Science and engineering studies on biocompatible implantable materials for tissue and organ repair have recently focused on polymeric materials to serve as scaffolds for cellular integration. Cellulose in many forms has been demonstrated as potential biopolymer for tissue engineering; however, it has not been previously electrospun into a scaffold for tissue engineering applications. The overall goal of this research project was to produce electrospun cellulose acetate (CA) nanofibers with specific architectures and surface chemistries to be evaluated as scaffolds for tissue regeneration. The size and morphology of electrospun CA was impacted by polymer concentration, solvent system, and solution flow rate. The conversion of CA electrospun scaffolds into regenerated cellulose by exposure to NaOH ethanol solution was successful for scaffolds produced at polymer solution flow rate of at least 1 mL/h. The regeneration process resulted in minimal degradation of the cellulose while retaining the original fiber structure of the scaffold. In vitro cytotoxicity evaluation of the fibrous cellulose scaffolds on a culture of mouse fibroblast (L-929) cells indicated that this material posed no threat to mammalian cells.
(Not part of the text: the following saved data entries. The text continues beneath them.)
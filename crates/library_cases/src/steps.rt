use case_files::Case;

/// What a case calls step by step.
pub trait Called {
    /// Makes the call of this name: reads what it is given, and answers what it gives.
    fn call(&mut self, name: &str, case: &mut Case<'_>);
}

/// Makes the calls of a case, which have `;` between them, and so have their answers.
pub fn call_all<C: Called + Drop>(called: C, case: &mut Case<'_>) {
    let mut called = called;
    for _ in 0..case.left() {
        let name = case.word();
        case.next_answer();
        called.call(name, case);
        if !case.takes(b';') {
            break;
        }
    }
}
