use beam_coders::{
    CoderRefusal, ReadRefusal, read_element, read_value, write_and_compare, write_and_read,
    write_element, write_value,
};
use beam_values::{Bytes, Element, List, NoMemory, Value, cmp_values};
use case_files::{Case, read_value as value_of, say_element};
use std::alloc::Global;
use std::cmp::Ordering;

/// The value at the front of bytes and its length. Its spelling has to be these bytes again.
pub fn answer_coder(case: &mut Case<'_>) {
    let bytes = case.hex();
    match value_read(case.alloc(), bytes.as_slice()) {
        Ok((value, len)) => {
            case.say_value(&value);
            case.say_number(len as u64);
            expect_front(value_written(case.alloc(), &value), bytes.as_slice(), case);
        }
        Err(refusal) => say_refusal(refusal, case),
    }
}

/// The element at the front of bytes and its length. Its spelling has to be these bytes again.
pub fn answer_element(case: &mut Case<'_>) {
    let bytes = case.hex();
    match element_read(case.alloc(), bytes.as_slice()) {
        Ok((element, len)) => {
            say_element(&element, case);
            case.say_number(len as u64);
            expect_front(
                element_written(case.alloc(), &element),
                bytes.as_slice(),
                case,
            );
        }
        Err(refusal) => say_refusal(refusal, case),
    }
}

fn value_read(alloc: Global, bytes: &[u8]) -> Result<(Value, usize), ReadRefusal> {
    read_value(alloc, bytes)
}

fn element_read(alloc: Global, bytes: &[u8]) -> Result<(Element, usize), ReadRefusal> {
    read_element(alloc, bytes)
}

fn value_written(alloc: Global, value: &Value) -> Result<Bytes, NoMemory> {
    let mut bytes = Bytes::new(alloc);
    write_value(value, &mut bytes)?;
    Ok(bytes)
}

fn element_written(alloc: Global, element: &Element) -> Result<Bytes, NoMemory> {
    let mut bytes = Bytes::new(alloc);
    write_element(element, &mut bytes)?;
    Ok(bytes)
}

fn expect_front(written: Result<Bytes, NoMemory>, bytes: &[u8], case: &mut Case<'_>) {
    match written {
        Ok(written) if bytes.starts_with(written.as_slice()) => {}
        Ok(_) => case.say("but written otherwise"),
        Err(refused) => case.no_memory(refused),
    }
}

fn say_refusal(refusal: ReadRefusal, case: &mut Case<'_>) {
    let ReadRefusal::Bad(refusal) = refusal else {
        return case.no_memory(NoMemory);
    };
    case.say("refusal");
    case.say_number(refusal.number());
    match refusal {
        CoderRefusal::Short => case.say("short"),
        CoderRefusal::Overlong => case.say("overlong"),
        CoderRefusal::Tag(tag) => {
            case.say("tag");
            case.say_number(tag);
        }
        CoderRefusal::Range => case.say("range"),
        CoderRefusal::Deep => case.say("deep"),
    }
}

/// The spelling of a value, which has to be read again, whatever follows it.
pub fn answer_write(case: &mut Case<'_>) {
    let value = value_of(case);
    match value_written(case.alloc(), &value) {
        Ok(bytes) => case.say_hex(bytes.as_slice()),
        Err(refused) => case.no_memory(refused),
    }
    if !is_read_again(case.alloc(), &value) {
        case.say("but read otherwise");
    }
}

fn is_read_again(alloc: Global, value: &Value) -> bool {
    match write_and_read(alloc, value, b"after") {
        Ok(again) => cmp_values(&again, value) == Ordering::Equal,
        Err(_) => false,
    }
}

/// How each value stands to those after it, where that is the same for all of them.
pub fn answer_order(case: &mut Case<'_>) {
    let mut values = List::new(case.alloc());
    for _ in 0..case.left() {
        if case.is_over() {
            break;
        }
        let value = value_of(case);
        case.keep(&mut values, value);
    }
    match common_order(case.alloc(), values.as_slice()) {
        Some(Ordering::Less) => case.say("less"),
        Some(Ordering::Equal) => case.say("equal"),
        Some(Ordering::Greater) => case.say("greater"),
        None => case.say("mixed"),
    }
}

fn common_order(alloc: Global, values: &[Value]) -> Option<Ordering> {
    let mut common = None;
    for (i, a) in values.iter().enumerate() {
        for b in values.split_at(i).1.iter().skip(1) {
            let order = order_of(alloc, a, b)?;
            if common.is_some() && common != Some(order) {
                return None;
            }
            common = Some(order);
        }
    }
    common
}

// The order of two values, where it is that of their spellings and the other way round.
fn order_of(alloc: Global, a: &Value, b: &Value) -> Option<Ordering> {
    let (first, second, order) = write_and_compare(alloc, a, b).ok()?;
    let of_bytes = first.as_slice().cmp(&second.as_slice());
    if order == of_bytes && cmp_values(b, a) == order.reverse() {
        Some(order)
    } else {
        None
    }
}
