use crate::coders::{answer_coder, answer_element, answer_order, answer_write};
use crate::functions::answer_function;
use crate::grouping::answer_grouped;
use crate::keyed::answer_stateful;
use crate::lines::{answer_key, answer_line, answer_time, answer_timed};
use crate::outcomes::{answer_outcome, answer_row, answer_summary, answer_text};
use crate::ports::{read_sink, read_store};
use crate::sizes::answer_size;
use crate::sources::{answer_emission, answer_lines, answer_next};
use crate::steps::call_all;
use crate::trackers::read_tracker;
use crate::windows::{answer_strategy, answer_window};
use beam_values::RoomyList;
use case_files::{Answers, Case, Script};
use keyed_state::KeyState;
use session_merge::SessionSet;
use split_core::Pieces;
use timer_core::Timers;
use watermarks::Holds;

/// The libraries that answer the cases.
pub struct Libraries;

impl Answers for Libraries {
    fn answer(&self, case: &mut Case<'_>) {
        match case.word() {
            "coder" => answer_coder(case),
            "element" => answer_element(case),
            "write" => answer_write(case),
            "order" => answer_order(case),
            "window" => answer_window(case),
            "strategy" => answer_strategy(case),
            "line" => answer_line(case),
            "timed" => answer_timed(case),
            "time" => answer_time(case),
            "key" => answer_key(case),
            "text" => answer_text(case),
            "row" => answer_row(case),
            "lines" => answer_lines(case),
            "emission" => answer_emission(case),
            "next" => answer_next(case),
            "grouped" => answer_grouped(case),
            "size" => answer_size(case),
            "function" => answer_function(case),
            "stateful" => answer_stateful(case),
            kind => answer_calls(kind, case),
        }
    }

    fn answer_block<'a>(&self, script: &mut Script<'a>, case: &mut Case<'a>) {
        match case.word() {
            "outcome" => answer_outcome(script, case),
            "summary" => answer_summary(script, case),
            _ => case.fail("a line is KIND INPUT => EXPECTED"),
        }
    }
}

// Answers a case of calls on one value.
fn answer_calls(kind: &str, case: &mut Case<'_>) {
    match kind {
        "tracker" => call_all(read_tracker(case), case),
        "pieces" => call_all(Pieces::new(case.alloc()), case),
        "timers" => call_all(Timers::new(), case),
        "state" => call_all(KeyState::new(case.alloc()), case),
        "list" => call_all(RoomyList::<i64>::new(case.alloc()), case),
        "store" => call_all(read_store(case), case),
        "sink" => call_all(read_sink(case), case),
        "holds" => call_all(Holds::new(case.alloc()), case),
        "sessions" => call_all(SessionSet::new(case.alloc()), case),
        _ => case.fail("there is no such kind"),
    }
}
Electrospun cellulose scaffolds with different architectures and surface chemistries were designed and evaluated to enhance scaffold properties and cell adhesion. The morphology of the partially regenerated cellulose revealed only a broad diffraction peak for the scaffold material, while the fully regenerated cellulose showed a characteristic semi-crystalline cellulose II diffraction pattern. Fiber orientation and porosity of the scaffolds were controlled by electrospining CA solution onto the edge of a rotator wheel and laser microablation, respectively. Bioactivity of the scaffolds was shown to be enhanced via scaffold surface modification with either anionic or cationic functional groups. Biomimetic Ca-P crystal mineralization on electrospun cellulose fibers was produced by means of carboxymethyl cellulose (CMC) adsorption and treatments with simulated body fluid (SBF) or phosphate buffer saline (PBS) solutions. Porosity and Ca-P crystals enhanced osteoprogenitor cell adhesion on the electrospun cellulose scaffolds. Cationic modification by trimethyl ammonium betahydroxy propyl (THAMP) derivation and adsorption of extracellular matrix proteins on cellulose fibers promoted adhesion and proliferation of neural-like (PC12) and myoblast (C2C12) cells. Differentiation of myoblast cells (C2C12) towards myotubes on electrospun cellulose scaffolds was controlled by surface chemistry and mechanical properties. Together these studies showed great potential for cellulose acetate to be electrospun and converted into a viable biocompatible tissue engineering scaffolds.